Sadly, Correia’s books are not quite awful enough to be good. They’re just mediocre. That’s fine – Dolph Lundgren movies are also often mediocre, but plenty of people like them. But did Lundgren’s Masters of the Universe deserve to take the 1987 Oscar over Oliver Stone’s Platoon? I don’t think so – and in that same way, Correia’s novels in no way merit consideration for the Hugos (thankfully, he only made the 2014 longlist).

A measure of popularity or Wally defined ‘excellence’? The Hugos were supposed to be a measure of fan popularity Wally.
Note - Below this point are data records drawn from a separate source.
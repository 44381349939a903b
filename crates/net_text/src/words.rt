//! The token that stands behind a place in a netlist's text. White space and the tokens that stand most are gone over
//! without their pieces.
ghost use Rattle.std.specs.Prelude.{◌≡◌, ◌<◌, ◌++◌, length, codes};
ghost use Rattle.text_defs.specs.Lines.{last_line};
ghost use Rattle.text_streams.specs.Places.{IsAt};
ghost use Rattle.net_text.specs.NetlistTokens.{Stray, token_of};
ghost use Rattle.net_text.specs.PieceViews.{what_view};
ghost use Rattle.net_text.specs.Sizes.{IsNextMeasured};
ghost use Rattle.net_text.specs.Streams.{tokens_behind, ahead, word_view, IsMarkOf, EndsAt};

use crate::classes::{NetClass, digits_class, mark_class, word_class};
use crate::direct::direct_word;
use crate::pieces::{NetPiece, netlist_piece};
use crate::steps::{behind_graphic, behind_white};
use text_streams::{Place, front, last_line};

/// A token: its class, its text and its line.
#[derive(Clone, Copy)]
pub struct Word<'a> {
    pub class: NetClass,
    pub text: &'a [u8],
    pub line: u32,
}

/// What the end of the text cuts.
fn cut_word(text: &[u8]) -> Word<'static>
    ensures { word_view result ≡ record { class = Stray; text = codes "-"; line = last_line text.now } }
{
    Word {
        class: NetClass::Stray,
        text: b"-",
        line: last_line(text),
    }
}

/// The token that a piece is, if it is one. `first` is the first byte of the text at the piece.
fn word_of<'a>(what: NetPiece<'a>, line: u32, first: &'a [u8], text: &'a [u8]) -> Option<Word<'a>>
    requires { IsMarkOf (what_view what) first.now }
    ensures { ahead result ≡ token_of (last_line text.now) (record { what = what_view what.entry; line = line }) }
{
    match what {
        NetPiece::Skipped => None,
        NetPiece::Plain(word) => Some(Word {
            class: word_class(word),
            text: word,
            line,
        }),
        NetPiece::Escaped(name) => Some(Word {
            class: NetClass::Name,
            text: name,
            line,
        }),
        NetPiece::Digits(digits) => Some(Word {
            class: digits_class(digits),
            text: digits,
            line,
        }),
        NetPiece::Constant(constant) => Some(Word {
            class: NetClass::Constant,
            text: constant,
            line,
        }),
        NetPiece::Mark(byte) => Some(Word {
            class: mark_class(byte),
            text: first,
            line,
        }),
        NetPiece::Unclosed => Some(cut_word(text)),
    }
}

/// The token of the piece at a place, if it is one, and the place behind the piece.
fn piece_word<'a>(place: Place<'a>) -> (Option<Word<'a>>, Place<'a>)
    requires at { IsAt place }
    requires some { place.at < length place.text.now }
    ensures at { IsAt result.1 }
    ensures text { result.1.text.now ≡ place.entry.text.now }
    ensures place { place.entry.at < result.1.at }
    ensures measured { IsNextMeasured (ahead result.0) }
    ensures tokens { tokens_behind place.entry ≡ ahead result.0 ++ tokens_behind result.1 }
{
    let rest = place.rest();
    let piece = netlist_piece(place.fresh, rest);
    let size = piece.size.max(1).min(rest.len());
    let word = word_of(piece.what, place.line, front(rest, 1), place.text);
    (word, place.moved(size))
}

/// The token at a place, if one begins there, and the place behind it or behind what is skipped.
fn word_at<'a>(place: Place<'a>) -> (Option<Word<'a>>, Place<'a>)
    requires at { IsAt place }
    requires some { place.at < length place.text.now }
    ensures at { IsAt result.1 }
    ensures text { result.1.text.now ≡ place.entry.text.now }
    ensures place { place.entry.at < result.1.at }
    ensures measured { IsNextMeasured (ahead result.0) }
    ensures tokens { tokens_behind place.entry ≡ ahead result.0 ++ tokens_behind result.1 }
{
    match direct_word(place.rest(), place.line) {
        None => piece_word(place),
        Some(word) => (Some(word), behind_graphic(place, word.text.len())),
    }
}

/// The next token, if there is one, and the place behind it.
#[tactic(auto, using(crate::proofs::StreamLaws::none_behind))]
pub fn next_word<'a>(place: Place<'a>) -> (Option<Word<'a>>, Place<'a>)
    requires { IsAt place }
    ensures at { IsAt result.1 }
    ensures tokens { tokens_behind place.entry ≡ ahead result.0 ++ tokens_behind result.1 }
    ensures none { EndsAt result.0 (tokens_behind result.1) }
    ensures measured { IsNextMeasured (ahead result.0) }
{
    let mut place = behind_white(place);
    while place.at < place.text.len() {
        let (word, behind) = word_at(place);
        if word.is_some() {
            return (word, behind);
        }
        place = behind_white(behind);
    }
    (None, place)
}
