//! The text of netlists: its tokens, the parsers of a module's header and items, what each of these declares, and the
//! fault of a text that cannot go on. `specs/NetlistFaults` says which text is read as which modules.
#![tactic(auto)]

mod classes;
mod declarations;
mod direct;
mod exprs;
mod faults;
mod headers;
mod items;
mod lists;
mod phrases;
mod pieces;
mod runs;
mod steps;
mod tokens;
mod words;

pub use classes::NetClass;
pub use declarations::{DeclarationAt, add_header, add_item};
pub use faults::fault_next;
pub use headers::{HeaderAt, PortAt, header};
pub use items::{ItemAt, item};
pub use phrases::{ShapeOf, name};
pub use tokens::{NameAt, Tokens};
pub use words::Word;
Dave Freer’s Changeling Island, shortlisted for this year’s inaugural Dragon awards, is all about story

Actually, Wally, if you’d read more than the first paragraph… you might have figured out that this particular book, which is YA and targeted at 12-14 year old boys, is by almost any accounting ‘message’ fiction. Admittedly, you’d hate that message, and I tried very hard to keep it from being heavy handed. But then to get through to Wally you need a sledge-hammer. It was intended to be a story about which I knew a great deal of the background, as Fisheries Scientist and a diver to keep the action fast moving. I was writing a book for one of the most neglected, belittled and undervalued sectors of the population: the rural boy. In this case an Aboriginal boy who, first and foremost, is just a boy. He finds his roots in his ancestral home and traditional way of life – hunting and fishing, living off the land, learning responsibility, and the love of his heritage. Awful, Wally, just awful. The picture is a link – you can look inside and read a little more than Damian.

– which is fortunate, because sentences as thoroughly mangled and amateurish as Freer’s won’t be winning any prizes (at least I hope not).
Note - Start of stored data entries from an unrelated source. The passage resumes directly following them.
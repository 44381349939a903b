//! Classes of tokens, by the bytes that they have.
ghost use Rattle.std.specs.Prelude.{◌≡◌};
ghost use Rattle.std.specs.List.{list_any};
ghost use Rattle.list_defs.specs.Members.{same_name};
ghost use Rattle.net_text.specs.DirectWords.{begins_small};
ghost use Rattle.net_text.specs.NetlistTokens.{word_class, mark_class, digits_class, left_out_words};
ghost use Rattle.net_text.specs.TokenViews.{class_view};

use crate::runs;

/// What a token is.
#[derive(Clone, Copy, Debug, PartialEq, Eq)]
pub enum NetClass {
    Module,
    Endmodule,
    Input,
    Output,
    Wire,
    Assign,
    Name,
    /// A number that may stand in ranges and selects.
    Number,
    Constant,
    Open,
    Shut,
    LeftBracket,
    RightBracket,
    LeftBrace,
    RightBrace,
    Comma,
    Dot,
    Colon,
    Semicolon,
    Equals,
    Inout,
    /// A word of the language that is left out.
    LeftOut,
    /// Anything else.
    Stray,
}

/// Whether a word is one of these.
fn is_among(word: &[u8], words: &[&[u8]]) -> bool
    ensures { result ≡ list_any (λ w. same_name word.now w.now) words.now }
{
    words.iter().any(|other| word == *other)
}

/// Words of 2 letters that are left out.
static TWO: [&[u8]; 1] = [b"or"];

/// Words of 3 letters that are left out.
static THREE: [&[u8]; 8] = [
    b"reg", b"tri", b"wor", b"and", b"nor", b"xor", b"not", b"buf",
];

/// Words of 4 letters that are left out.
static FOUR: [&[u8]; 8] = [
    b"task", b"tri0", b"tri1", b"wand", b"nand", b"xnor", b"real", b"time",
];

/// Words of 5 letters that are left out.
static FIVE: [&[u8]; 1] = [b"event"];

/// Words of 6 letters that are left out.
static SIX: [&[u8]; 6] = [
    b"always", b"genvar", b"bufif0", b"bufif1", b"notif0", b"notif1",
];

/// Words of 7 letters that are left out.
static SEVEN: [&[u8]; 5] = [b"initial", b"integer", b"specify", b"supply0", b"supply1"];

/// Words of 8 letters that are left out.
static EIGHT: [&[u8]; 3] = [b"defparam", b"function", b"generate"];

/// Words of 9 letters that are left out.
static NINE: [&[u8]; 2] = [b"parameter", b"primitive"];

/// Words of 10 letters that are left out.
static TEN: [&[u8]; 1] = [b"localparam"];

/// Whether a word is one of the language that is left out. It is looked for among those of its length.
#[tactic(auto, unfolding(crate::specs::NetlistTokens::left_out_words), using(crate::proofs::WordLaws::among_length))]
fn is_left_out(word: &[u8]) -> bool
    ensures { result ≡ list_any (same_name word.now) left_out_words }
{
    match word.len() {
        2 => is_among(word, &TWO),
        3 => is_among(word, &THREE),
        4 => is_among(word, &FOUR),
        5 => is_among(word, &FIVE),
        6 => is_among(word, &SIX),
        7 => is_among(word, &SEVEN),
        8 => is_among(word, &EIGHT),
        9 => is_among(word, &NINE),
        10 => is_among(word, &TEN),
        _ => false,
    }
}

/// Whether a word begins with two small letters, as each reserved word does.
fn begins_small(word: &[u8]) -> bool
    ensures { result ≡ begins_small word.now }
{
    match word {
        [first, second, ..] => first.is_ascii_lowercase() && second.is_ascii_lowercase(),
        _ => false,
    }
}

/// The class of a plain identifier.
#[tactic(auto, using(crate::proofs::WordLaws::not_reserved))]
pub fn word_class(word: &[u8]) -> NetClass
    ensures { class_view result ≡ word_class word.now }
{
    if !begins_small(word) {
        return NetClass::Name;
    }
    small_word_class(word)
}

/// The class of a plain identifier that may be a reserved word.
#[tactic(auto, unfolding(crate::specs::NetlistTokens::word_class))]
fn small_word_class(word: &[u8]) -> NetClass
    ensures { class_view result ≡ word_class word.now }
{
    if word == b"module".as_slice() {
        return NetClass::Module;
    }
    if word == b"endmodule".as_slice() {
        return NetClass::Endmodule;
    }
    if word == b"input".as_slice() {
        return NetClass::Input;
    }
    if word == b"output".as_slice() {
        return NetClass::Output;
    }
    if word == b"inout".as_slice() {
        return NetClass::Inout;
    }
    if word == b"wire".as_slice() {
        return NetClass::Wire;
    }
    if word == b"assign".as_slice() {
        return NetClass::Assign;
    }
    if is_left_out(word) {
        return NetClass::LeftOut;
    }
    NetClass::Name
}

/// The class of any other byte.
pub fn mark_class(byte: u8) -> NetClass
    ensures { class_view result ≡ mark_class byte }
{
    match byte {
        b'(' => NetClass::Open,
        b')' => NetClass::Shut,
        b'[' => NetClass::LeftBracket,
        b']' => NetClass::RightBracket,
        b'{' => NetClass::LeftBrace,
        b'}' => NetClass::RightBrace,
        b',' => NetClass::Comma,
        b'.' => NetClass::Dot,
        b':' => NetClass::Colon,
        b';' => NetClass::Semicolon,
        b'=' => NetClass::Equals,
        _ => NetClass::Stray,
    }
}

/// The class of digits.
pub fn digits_class(digits: &[u8]) -> NetClass
    ensures { class_view result ≡ digits_class digits.now }
{
    if runs::number_of(digits) <= 65535 {
        NetClass::Number
    } else {
        NetClass::Stray
    }
}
Oh I hope this is as good Wally’s other predictions. I’m proud just to be there. But if you’d like to spoil his day you can go and vote for Larry Correia in Fantasy and me in YA. Wally would have to change his underwear if either of us won. He be pretty miserable if it eclipsed the Hugos too

Open with a strong start, they say; now read Changeling Island’s opening:

It had been the most terrifying, miserable day of Tim Ryan’s whole miserable life. He’d just done it to show Hailey. Because … because she said he was too scared. He was. Every time he tried anything it always went wrong. Horribly wrong. And he wasn’t a thief. Well, he didn’t want to be. It was one of the few thing things his dad ever really got angry with him about. And then he’d only been a little five-year-old kid helping himself to a chocolate bar in a store. But Hailey … she said … and he’d do anything to get her.”

In fairness … to Freer … pick any passage, from. Any Puppy author like Brad Torgersen or Sarah Hoyt and you will find … sentences … as mangled as these.

Well, I am in great company then! And John Wright a little later, too. Wally, I must explain this to you: why you’re such a failure and have sold almost nothing ever and I – at last count and not considering myself a success was closing on half a million sales – the purpose of English in a novel is to communicate successfully. To set the scene, to adequately foreshadow the previous ‘wars’ and get the reader rapidly into the mental space of the protagonist is hard. This is the viewpoint of a badly upset, slightly immature 14 year old. Sentence fragments are how he is thinking. It’s more logical and clear than Wally thought, so no wonder you were confused. The book was bought by an editor from a traditional publisher. The editor used to be an academic, teaching English Lit. I believe. It was copy edited by a retired English Prof, who sent me a lovely letter about it, Wally, asking if she could edit any others I wrote. Oddly, she never mentioned sentence fragments.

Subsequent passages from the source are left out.